**Problem details:** What do the lines from the one containing "durable, and each" through the end of the entries say? Quote them exactly, and only them.

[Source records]
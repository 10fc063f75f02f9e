//! What the files of a store held when they were opened.
ghost use Rattle.std.specs.Prelude.{ℕ, List, []};
ghost use Rattle.rq_disk.specs.Device.{Images};

/// What a file of pages and a file of a log held when they were opened. No code can read that: what is proved of a
/// device over `S: FileContents` is proved for all contents.
pub trait FileContents: Drop {
    /// The image of each page.
    ghost pages: { Images };

    /// The bytes of the log.
    ghost bytes: { List ℕ };
}

/// For a program to name. Of files that held anything at all, what is proved at this type says nothing. What a program
/// may know of its files is proved over `S: FileContents`.
#[derive(Drop)]
pub struct Unknown;

impl FileContents for Unknown {
    ghost pages = { λ _. [] };

    ghost bytes = { [] };
}
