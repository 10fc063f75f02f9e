//! Laws of devices in files, and worked cases.
ghost use Rattle.rq_disk.specs.PageFile.{PageFilesLeave};
ghost use Rattle.rq_disk.specs.WorkedFiles.{FilesAreJudged};

/// Calls of a file: those of an honest one and those of none, what a crash may leave, and what ends a device.
pub fn files_are_judged()
    ensures { FilesAreJudged }
{}

/// What a crash may leave of a page in a file. It is exactly the image at the last sync that made all durable, and each
/// image that was written since. An image that was to be written in a call that failed is one of these.
pub fn page_files_leave()
    ensures { PageFilesLeave }
{}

**Problem solution:**
/// What a crash may leave of a page in a file. It is exactly the image at the last sync that made all durable, and each
/// image that was written since. An image that was to be written in a call that failed is one of these.
pub fn page_files_leave()
    ensures { PageFilesLeave }
{}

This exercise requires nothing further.